Open-Pollinated
A variety pollinated by wind, insects, or other natural means, whose offspring reliably reproduce the parent's characteristics when grown under similar conditions. Seeds from open-pollinated varieties can be saved and replanted.
Open-pollinated (OP) varieties are pollinated by natural means - wind, insects, or self-pollination within the same variety - without controlled crossing between genetically different lines. The defining characteristic: seed saved from an open-pollinated variety produces offspring that look and grow like the parent plant. The variety breeds true.
Why It Matters for Seed Saving
Open-pollinated status is what makes seed saving practical. When you save tomato seed from a favorite OP variety and plant it next year, you get the same tomato. When you do the same with an F1 hybrid, you get unpredictable results. Every heirloom variety is open-pollinated; not every OP variety is an heirloom.
Self-Pollinating vs. Cross-Pollinating OP Varieties
Two types of open pollination exist:
Self-pollinating: pollen transfers within the same flower or between flowers of the same plant. Tomatoes, peppers, lettuce, and beans are primarily self-pollinating, which makes seed saving from these crops reliable and simple - the variety doesn’t cross with neighboring plants.

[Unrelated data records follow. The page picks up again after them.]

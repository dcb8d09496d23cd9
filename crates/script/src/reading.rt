// The call that a line spells.
ghost use Rattle.std.specs.Prelude.{◌≡◌};
ghost use Rattle.script.specs.Format.{read_call, call_of, Takes};

use crate::fields::Fields;
use kinds::seats::Seats;
use ledger::call::Call;

// The call of a letter, with its fields.
fn read_call(letter: u8, fields: &mut Fields<'_>) -> Option<Call<Seats>>
    ensures { Takes (read_call letter fields.old.rest.now) result fields.new.rest.now }
{
    Some(match letter {
        b'b' => Call::Begin {
            record: fields.number()?,
            site: fields.number()?,
            lifetime: fields.number()?,
        },
        b'r' => Call::Read {
            ticket: fields.ticket()?,
            object: fields.number()?,
        },
        b'u' => Call::Update {
            ticket: fields.ticket()?,
            object: fields.number()?,
            value: fields.seats()?,
        },
        b'c' => Call::Commit {
            ticket: fields.ticket()?,
        },
        b'a' => Call::Abort {
            ticket: fields.ticket()?,
        },
        b'g' => Call::Glance {
            site: fields.number()?,
            object: fields.number()?,
        },
        b't' => Call::Tick {
            site: fields.number()?,
            clock: fields.number()?,
        },
        b's' => Call::Settle {
            object: fields.number()?,
        },
        b'q' => Call::Standing {
            record: fields.number()?,
        },
        _ => return None,
    })
}

// The call that a line spells, if it spells one.
pub fn call_of(line: &[u8]) -> Option<Call<Seats>>
    ensures { result ≡ call_of line.now }
{
    let [letter, rest @ ..] = line else {
        return None;
    };
    let mut fields = Fields { rest };
    let call = read_call(*letter, &mut fields)?;
    fields.is_empty().then_some(call)
}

Cross-pollinating: pollen transfers between plants, carried by wind or insects. Corn, squash, cucumbers, and brassicas cross-pollinate freely. To save true-to-type seed from cross-pollinating OP varieties, you need either isolation (growing only one variety of that species in the area) or manual pollination control. Failing to isolate varieties means your saved seed is a cross between whatever was blooming nearby.
Stability and Selection
Open-pollinated varieties are not perfectly static. Each generation, small natural variations occur. Seed savers who consistently select the best-performing plants for seed - largest fruits, earliest maturity, best disease resistance - gradually improve the variety for their specific conditions. This is how regionally adapted landrace varieties develop over decades.
Commercial OP varieties are more genetically uniform than landrace varieties but less so than F1 hybrids. Some variation from plant to plant is normal and expected.

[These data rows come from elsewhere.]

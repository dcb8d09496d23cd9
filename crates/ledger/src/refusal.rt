ghost use Rattle.std.specs.Prelude.{◌≡◌};
ghost use Rattle.ledger.specs.Refusals.{refusal_number, refusal_of, aborts};

use history::item::{Cause, Fault};

// Why a call is turned down, in the order of checking.
#[derive(Clone, Copy, PartialEq, Eq, Debug)]
pub enum Refusal {
    // The register is not fit.
    NotFit,
    // A record is not 1 to 64.
    NoRecord,
    // A site is not 0 to 15, or a lifetime not 2 to 1,048,576.
    OutOfRange,
    // Begin on a record that is not free.
    RecordInUse,
    // The ticket matches no action.
    StaleTicket,
    Committed,
    // The action was aborted, or has expired.
    Aborted,
    ClockSpent,
    // Tick to a clock that is not above the site's, or is spent.
    TickBack,
    NoObject(Fault),
    // Update inside a span.
    InsideSpan { object: u32, time: u64 },
    // Update where the object has no room.
    NoRoom(Fault),
    // The number read is no form of the kind.
    NoForm(u64),
    // Bytes that are not lawful.
    Unlawful,
    // A script line that cannot be read, or whose value is outside the kind.
    Unreadable,
    // Bytes that cannot be laid out as asked.
    Unfit,
}

impl From<Fault> for Refusal {
    ghost from_gives = { λ fault r. r ≡ refusal_of fault };

    fn from(fault: Fault) -> Refusal {
        match fault.cause {
            Cause::Overlap => Refusal::InsideSpan {
                object: fault.object,
                time: fault.time,
            },
            Cause::NoRoom => Refusal::NoRoom(fault),
            Cause::NoObject | Cause::OutOfRange | Cause::NoItem | Cause::IsVersion =>
                Refusal::NoObject(fault),
        }
    }
}

impl Refusal {
    // The number of the refusal, which is all that a caller at the far end sees.
    pub fn number(&self) -> u8
        ensures { result ≡ refusal_number self.now }
    {
        match self {
            Refusal::NotFit => 1,
            Refusal::NoRecord => 2,
            Refusal::OutOfRange => 3,
            Refusal::RecordInUse => 4,
            Refusal::StaleTicket => 5,
            Refusal::Committed => 6,
            Refusal::Aborted => 7,
            Refusal::ClockSpent => 8,
            Refusal::TickBack => 9,
            Refusal::NoObject(_) => 10,
            Refusal::InsideSpan { .. } => 11,
            Refusal::NoRoom(_) => 12,
            Refusal::NoForm(_) => 13,
            Refusal::Unlawful => 14,
            Refusal::Unreadable => 15,
            Refusal::Unfit => 16,
        }
    }

    // Whether a refused update aborts its action.
    pub fn aborts(&self) -> bool
        ensures { result ≡ aborts self.now }
    {
        matches!(self, Refusal::InsideSpan { .. } | Refusal::NoRoom(_))
    }
}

OP vs. Heirloom vs. Hybrid
- All heirlooms are open-pollinated
- Not all OP varieties are heirlooms - new OP varieties are developed and introduced regularly
- No hybrid is open-pollinated (by definition - hybrids are created by controlled crossing)

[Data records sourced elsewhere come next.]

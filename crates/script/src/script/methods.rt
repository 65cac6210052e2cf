ghost use Rattle.std.specs.Prelude.{◌≡◌, ◌<◌, ◌≤◌, [], map, length, All, IfSome, OnErr, slice_index_or};
ghost use Rattle.std.specs.Option.{option_map};
ghost use Rattle.std.specs.List.{slice_get};
ghost use Rattle.script.specs.Scripts.{meaning, answered};
ghost use Rattle.script.specs.Text.{nothing, reading};
ghost use Rattle.script.specs.Views.{start_of};

use super::Script;
use crate::answer::{Have, Refused};
use crate::reading::read;
use crate::tables::Tables;
use model::Command;

impl<'t> Script<'t> {
    /// A script that says nothing.
    pub fn new() -> Script<'t>
        ensures { meaning result ≡ nothing }
    {
        Script {
            tables: Tables::new(),
        }
    }

    // Kept: it fills the script that a caller has, so that there is one whatever is read; a refused text leaves it
    // empty.
    /// Reads a text in place of what the script said; a refused text leaves an empty script.
    pub fn read(&mut self, text: &'t [u8]) -> Result<(), Refused>
        ensures value { answered result self.new ≡ reading text.now }
        ensures emptied { OnErr result (meaning self.new ≡ nothing) }
    {
        // Kept: no question mark, since a refusal has to empty the script; a text that is taken replaces it whole.
        match read(text) {
            Ok(tables) => {
                self.tables = tables;
                Ok(())
            }
            Err(refused) => {
                self.tables.clear();
                Err(refused)
            }
        }
    }

    // Kept: by the rules a label has one byte at least, and an empty one says that there is none, as in a report.
    /// The label of a file, empty where it has none.
    pub fn label(&self, file: u8) -> &'t [u8]
        ensures value { result.now ≡ slice_index_or (meaning self.now).labels file [] }
        ensures short { length result.now ≤ 16 }
    {
        self.tables
            .labels
            .get(file as usize)
            .copied()
            .unwrap_or(&[])
    }

    // Kept: this and `have` are public, and edits turn them; `starts` is the form for new code.
    /// How many starting contents there are.
    pub fn haves(&self) -> usize
        ensures value { result ≡ length (meaning self.now).haves }
        ensures few { result ≤ 64 }
    {
        self.tables.haves.len()
    }

    /// A starting content, from 0 in the order of the text.
    pub fn have(&self, i: usize) -> Option<Have<'t>>
        ensures value { option_map start_of result ≡ slice_get (meaning self.now).haves i }
        ensures fits { IfSome result (λ h. (h.file < 64) × (length h.content.now ≤ 4096)) }
    {
        self.tables.haves.get(i).copied()
    }

    /// The starting contents, in the order of the text.
    pub fn starts(&self) -> &[Have<'t>]
        ensures value { map start_of result.now ≡ (meaning self.now).haves }
        ensures few { length result.now ≤ 64 }
        ensures fit { All (λ h. (h.file < 64) × (length h.content.now ≤ 4096)) result.now }
    {
        self.tables.haves.as_slice()
    }

    /// The lines' commands, in the order of the text.
    pub fn commands(&self) -> &[Command]
        ensures value { result.now ≡ (meaning self.now).commands }
        ensures few { length result.now ≤ 64 }
    {
        self.tables.commands.as_slice()
    }
}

A newly released OP variety from a plant breeder who stabilized it over 8 generations is open-pollinated but not an heirloom. After 50 years of use, it might qualify as heirloom by common usage.
Choosing OP Over Hybrid
The main reasons to choose OP varieties:
- Seed saving - reduce ongoing seed costs
- Genetic diversity - not dependent on a single breeding company’s proprietary lines
- Adaptability - OP varieties can be selected over time to fit your specific conditions
- Flavor - many classic OP tomatoes and other crops have better flavor than commercial hybrids
The main trade-offs: less disease resistance than modern hybrids in many species, less yield uniformity, and more variation plant to plant.